Emerging market bond returns climbed 0.23 percent on the benchmark J.P. Morgan's EMBI+ index, adding to returns of 2.6 percent in the year-to-date. Bonds posted so far in July their best monthly performance of the year, after a strong sell-off in May and June.
"On the back of the realisation that the Fed may indeed stop its tightening cycle at the current 5-1/4 percent, even the escalating conflict between Israel and Hizbollah and the resulting higher oil prices were shrugged off by the market," TD Securities strategists Beat Siegenthaler and Guillaume Salomon wrote in a research note.
The latest data underpinning a possible Fed pause in August came on Friday, with news that US gross domestic product grew only 2.5 percent in the second quarter, below economists' median forecast of a 3.0 percent rise.
TD Securities analysts added that the recent market recovery shows that the May-June sell-off was a "limited correction rather than a crisis" in emerging markets.
"What made the correction look more severe than it actually was the fact that valuations in the first few months of the year soared to peak levels on the back of massive inflows into emerging markets," they said.

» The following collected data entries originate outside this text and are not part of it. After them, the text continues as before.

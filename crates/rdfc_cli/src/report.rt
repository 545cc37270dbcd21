//! The texts of the reports: what each node is named, and what a run counted.
ghost use Rattle.std.specs.Prelude.{◌≡◌, ℕ, ◌<◌, ◌++◌, length, IfOk, IfSome, OnOk, codes, flat_map, Some};
ghost use Rattle.rdf_terms.specs.Lists.{In, AreDistinct};
ghost use Rattle.rdf_terms.specs.Numeral.{numeral};
ghost use Rattle.rdfc_cli.specs.Reports.{label_text, map_text, number_line, spaced_label, list_line, tie_lines, count_lines, tie_report, HasNodesOf};

use crate::decimal::Decimal;
use canon_core::Canon;
use dataset_index::Dataset;
use ndegree_hash::Tie;
use rdf_terms::{Bytes, Label, NoMemory};
use std::alloc::Global;

// Appends a decimal numeral.
pub(crate) fn push_number(out: &mut Vec<u8>, number: u64) -> Result<(), NoMemory>
    ensures { OnOk result (out.new.items ≡ out.old.items ++ numeral number) }
{
    out.extend_from_slice(Decimal::of(number).as_bytes())?;
    Ok(())
}

// Appends what a document calls a node.
pub(crate) fn push_label(out: &mut Vec<u8>, label: &Label) -> Result<(), NoMemory>
    ensures { OnOk result (out.new.items ≡ out.old.items ++ label_text label.now) }
{
    match label {
        Label::Named(name) => {
            out.extend_from_slice(b"_:")?;
            out.extend_from_slice(name.as_str().as_bytes())?;
        }
        Label::Anonymous(number) => {
            out.extend_from_slice(b"[")?;
            push_number(out, *number as u64)?;
            out.extend_from_slice(b"]")?;
        }
    }
    Ok(())
}

// The line of the node with this label, whose place in the canonical list this is.
fn push_map_line(out: &mut Vec<u8>, label: &Label, place: usize) -> Result<(), NoMemory>
    ensures { OnOk result (out.new.items ≡ out.old.items ++ (label_text label.now ++ (codes " _:c14n" ++ (numeral place ++ codes "\n")))) }
{
    push_label(out, label)?;
    out.extend_from_slice(b" _:c14n")?;
    push_number(out, place as u64)?;
    out.extend_from_slice(b"\n")?;
    Ok(())
}

// A line for each node of the canonical list, in its order: its label and its canonical identifier.
pub(crate) fn map_of_names(
    alloc: Global,
    dataset: &Dataset,
    order: &[u32],
) -> Result<Bytes, NoMemory>
    requires nodes { (n : ℕ) → In n order.now → n < length dataset.now.labels }
    requires once { AreDistinct order.now }
    ensures { IfOk result (λ text. text ≡ map_text dataset.now.labels order.now) }
{
    let mut out = Vec::new(alloc);
    for (place, node) in order.iter().enumerate() {
        push_map_line(&mut out, dataset.label(*node), place)?;
    }
    Ok(Bytes::new(out))
}

// Appends a line with a word and a number.
pub(crate) fn push_count(out: &mut Vec<u8>, word: &str, number: u64) -> Result<(), NoMemory>
    ensures { OnOk result (out.new.items ≡ out.old.items ++ number_line word.now number) }
{
    out.extend_from_slice(word.as_bytes())?;
    out.extend_from_slice(b" ")?;
    push_number(out, number)?;
    out.extend_from_slice(b"\n")?;
    Ok(())
}

// The labels of the nodes, each behind a space.
fn push_labels(out: &mut Vec<u8>, dataset: &Dataset, nodes: &[u32]) -> Result<(), NoMemory>
    requires { (n : ℕ) → In n nodes.now → n < length dataset.now.labels }
    ensures { OnOk result (out.new.items ≡ out.old.items ++ flat_map (spaced_label dataset.now.labels) nodes.now) }
{
    for node in nodes {
        out.extend_from_slice(b" ")?;
        push_label(out, dataset.label(*node))?;
    }
    Ok(())
}

fn push_list(
    out: &mut Vec<u8>,
    word: &str,
    dataset: &Dataset,
    nodes: &[u32],
) -> Result<(), NoMemory>
    requires { (n : ℕ) → In n nodes.now → n < length dataset.now.labels }
    ensures { OnOk result (out.new.items ≡ out.old.items ++ list_line word.now dataset.now.labels nodes.now) }
{
    out.extend_from_slice(word.as_bytes())?;
    push_labels(out, dataset, nodes)?;
    out.extend_from_slice(b"\n")?;
    Ok(())
}

fn push_tie(out: &mut Vec<u8>, dataset: &Dataset, tie: &Tie) -> Result<(), NoMemory>
    requires { HasNodesOf (length dataset.now.labels) tie.now }
    ensures { OnOk result (out.new.items ≡ out.old.items ++ tie_lines dataset.now.labels (Some tie.now)) }
{
    push_list(out, "canon", dataset, tie.canon.as_slice())?;
    push_list(out, "left", dataset, tie.left.as_slice())?;
    push_list(out, "right", dataset, tie.right.as_slice())
}

// The lists of the tie, if there is one.
fn push_unsettled(
    out: &mut Vec<u8>,
    dataset: &Dataset,
    unsettled: &Option<Tie>,
) -> Result<(), NoMemory>
    requires { IfSome unsettled.now (HasNodesOf (length dataset.now.labels)) }
    ensures { OnOk result (out.new.items ≡ out.old.items ++ tie_lines dataset.now.labels unsettled.now) }
{
    match unsettled {
        None => Ok(()),
        Some(tie) => push_tie(out, dataset, tie),
    }
}

// Appends what the run counted.
pub(crate) fn push_counts(out: &mut Vec<u8>, canon: &Canon) -> Result<(), NoMemory>
    ensures { OnOk result (out.new.items ≡ out.old.items ++ count_lines canon.now.units canon.now.ties canon.now.joined) }
{
    push_count(out, "units", canon.units)?;
    push_count(out, "ties", canon.ties)?;
    push_count(out, "joined", canon.joined)
}

// What the run counted, and its first tie that is not joined.
pub(crate) fn report_of_ties(
    alloc: Global,
    dataset: &Dataset,
    canon: &Canon,
) -> Result<Bytes, NoMemory>
    requires { IfSome canon.now.unsettled (HasNodesOf (length dataset.now.labels)) }
    ensures { IfOk result (λ text. text ≡ tie_report dataset.now.labels canon.now.units canon.now.ties canon.now.joined canon.now.unsettled) }
{
    let mut out = Vec::new(alloc);
    push_counts(&mut out, canon)?;
    push_unsettled(&mut out, dataset, &canon.unsettled)?;
    Ok(Bytes::new(out))
}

Emerging markets bond funds posted eight consecutive weeks of redemption's during May and June but investors appear ready to come back to the market imminently.

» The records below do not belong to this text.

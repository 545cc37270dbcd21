//! What a command writes for a dataset.
ghost use Rattle.std.specs.Prelude.{◌≡◌, ◌++◌, IfOk, IfErr, codes};
ghost use Rattle.rdf_terms.specs.Document.{dataset as dataset_of};
ghost use Rattle.canon_model.specs.Meaning.{meaning};
ghost use Rattle.canon_core.specs.Canonical.{IsCanon};
ghost use Rattle.rdfc_cli.specs.Reports.{IsTextOf};
ghost use Rattle.rdfc_cli.specs.Forms.{IsCanonWithin};
ghost use Rattle.rdfc_cli.specs.Outputs.{IsTaskOutput, IsRunStop};

use crate::ends::status_of_run;
use crate::options::Settings;
use crate::report::{map_of_names, report_of_ties};
use crate::status::Status;
use crate::words::Task;
use canon_core::{Canon, canonicalise};
use dataset_index::Dataset;
use ndegree_hash::Tie;
use rdf_terms::{Bytes, NoMemory};
use std::alloc::Global;

// A text that is ready to be written, and the first tie of its run that is not joined.
#[derive(Debug, Drop)]
pub(crate) struct Output {
    pub(crate) text: Bytes,
    pub(crate) unsettled: Option<Tie>,
}

// The hash of the canonical form in lower-case hexadecimal, and a line feed.
fn hash_line(alloc: Global, canon: &Canon) -> Result<Bytes, NoMemory>
    ensures { IfOk result (λ line. line ≡ (meaning canon.now.profile).hash canon.now.bytes ++ codes "\n") }
{
    let hash = canon.hash();
    let mut line = Vec::new(alloc);
    line.extend_from_slice(hash.as_bytes())?;
    line.extend_from_slice(b"\n")?;
    Ok(Bytes::new(line))
}

// What the task writes of a canonical run.
fn text_of(alloc: Global, task: Task, dataset: &Dataset, canon: Canon) -> Result<Output, NoMemory>
    requires { IsCanon (meaning canon.profile) (dataset_of dataset.now) canon }
    ensures text { IfOk result (λ output. IsTextOf task (meaning canon.profile) (dataset_of dataset.now) dataset.now.labels output.text) }
    ensures unsettled { IfOk result (λ output. output.unsettled ≡ canon.unsettled) }
{
    let text = match task {
        Task::Canon => {
            return Ok(Output {
                text: canon.bytes,
                unsettled: canon.unsettled,
            });
        }
        Task::Hash => hash_line(alloc, &canon)?,
        Task::Map => map_of_names(alloc, dataset, canon.order.as_slice())?,
        Task::Ties => report_of_ties(alloc, dataset, &canon)?,
    };
    Ok(Output {
        text,
        unsettled: canon.unsettled,
    })
}

// The canonical run of a dataset, or how the run stops.
pub(crate) fn canonical_run(
    alloc: Global,
    settings: Settings,
    dataset: &Dataset,
) -> Result<Canon, Status>
    ensures run { IfOk result (IsCanonWithin settings (dataset_of dataset.now)) }
    ensures profile { IfOk result (λ canon. canon.profile ≡ settings.profile) }
    ensures stops { IfErr result (IsRunStop settings dataset.now) }
{
    match canonicalise(alloc, dataset, settings.limit, settings.profile) {
        Ok(canon) => Ok(canon),
        Err(stop) => Err(status_of_run(stop, settings.limit)),
    }
}

// What the task writes for a dataset, or how the run stops.
pub(crate) fn task_output(
    alloc: Global,
    task: Task,
    settings: Settings,
    dataset: &Dataset,
) -> Result<Output, Status>
    ensures output { IfOk result (IsTaskOutput task settings dataset.now) }
    ensures stops { IfErr result (IsRunStop settings dataset.now) }
{
    let canon = canonical_run(alloc, settings, dataset)?;
    Ok(text_of(alloc, task, dataset, canon)?)
}
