//! Bytes that are put whole.
ghost use Rattle.outside.specs.Faults.{HasCause};
ghost use Rattle.rdfc_cli.specs.Puts.{Puts};

use outside::{Failed, Sink};

/// Puts all the bytes, each time all that were not taken yet. The first call that fails ends it. Takes no memory.
pub fn put_all<K: Sink>(out: &mut K, bytes: &[u8]) -> Result<(), Failed>
    ensures bytes { Puts (K.taken out.old) (K.taken out.new) result bytes.now }
    ensures cause { HasCause (K.faults out.old) (K.faults out.new) result }
{
    let mut rest = bytes;
    while !rest.is_empty() {
        let count = out.put(rest)?;
        rest = &rest[count..];
    }
    Ok(())
}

Outflows from such bond flows decreased to a net $89 million in the week through July 26 from $205 million in the previous period, according to Emerging Portfolio Fund Research. Record market gains in recent days will likely attract more investors to emerging market bond funds, said Brad Durham, EPFR's managing director.
Among the strongest performances of the day, Brazil's debt returns climbed 0.36 percent on the EMBI+, with the country's global bond due in 2040, the most liquid emerging market paper, gaining 0.375 point to be bid at 128.438, its highest price since the beginning of May. Brazil's debt continued to benefit from the ongoing government swap of bonds maturing in 2020, 2024, 2027 and 2030 for a global bond due in 2037.
The Brazilian deal follows a raft of bond issues by Latin American countries in the past few days including Colombia, Uruguay and Argentina. After raising $500 million through the reopening of a global bond due in 2022, Uruguay said on Friday it will pay off $900 million in debt owed to the International Monetary Fund in 2007.